Ayla volvió a centrarse en la conversación que mantenían Jondalar y su madre. Mientras tomaba un sorbo de vino se fijó en la copa que sostenía en su mano. Era un cuerno hueco –de bisonte, pensó–, probablemente una sección cercana a la punta, ya que tenía un diámetro bastante reducido. La levantó para mirarla por debajo. El pie era de madera, modelado para alojar el extremo circular y un tanto desigual del cuerno, e iba encajado a presión. Notó unas marcas en el lado, y cuando las examinó descubrió para su sorpresa que era la imagen de un caballo de costado, grabada a la perfección y con toda delicadeza.

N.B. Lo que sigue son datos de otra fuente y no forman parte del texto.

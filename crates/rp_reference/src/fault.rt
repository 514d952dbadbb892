//! Why the plain program doesn't tell the items.
use rp_word_lists::ListFault;
use std::alloc::{AllocError, AllocFailed};
use thiserror::Error;

/// Why the plain program doesn't tell the items. It says nothing of them.
#[derive(Clone, Copy, Debug, PartialEq, Eq, Error)]
pub enum PlainFault {
    /// There are more rows, or more words of the pattern, than the tests have.
    #[error("more rows or words than the plain program takes")]
    TooMany,
    /// The rows have fewer columns than the tests' tables.
    #[error("the plain program takes rows of three columns")]
    NoColumn,
    /// Memory was refused.
    #[error("out of memory")]
    OutOfMemory,
}

impl From<ListFault> for PlainFault {
    fn from(fault: ListFault) -> PlainFault {
        match fault {
            ListFault::TooMany => PlainFault::TooMany,
            ListFault::OutOfMemory => PlainFault::OutOfMemory,
        }
    }
}

impl From<AllocError> for PlainFault {
    fn from(_: AllocError) -> PlainFault {
        PlainFault::OutOfMemory
    }
}

impl<T: Drop> From<AllocFailed<T>> for PlainFault {
    fn from(_: AllocFailed<T>) -> PlainFault {
        PlainFault::OutOfMemory
    }
}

Dejó la copa e inspeccionó la plataforma baja en torno a la que se hallaban sentados. Era una losa delgada de piedra caliza apoyada en un armazón de madera alabeada con patas, sujetas todas las piezas mediante correas. Cubría la superficie un tapete de algún tipo de fibra selecta, tejida con intrincados dibujos que representaban animales, junto con líneas y formas abstractas, en diversos matices de un color tierra rojizo. Dispuestos alrededor había varios almohadones de distintos materiales; los de piel eran de un tono muy parecido al rojo.

Sobre la mesa de piedra descansaban dos candiles también de piedra. Uno había sido primorosamente labrado en forma de cuenco poco profundo con un asa ornamentada; el otro era un tosco equivalente del primero, un pedazo de piedra caliza con la concavidad central vaciada deprisa y sin contemplaciones. Los dos contenían sebo –grasa animal derretida en agua hirviendo– y mechas encendidas. El candil tosco tenía dos mechas; el candil mejor acabado, tres. Cada mecha producía la misma cantidad de luz. Ayla tuvo la impresión de que el más tosco había sido hecho recientemente a modo de mejora improvisada de la iluminación en aquel oscuro espacio de vivienda situado al fondo del refugio, y tendría un uso sólo provisional.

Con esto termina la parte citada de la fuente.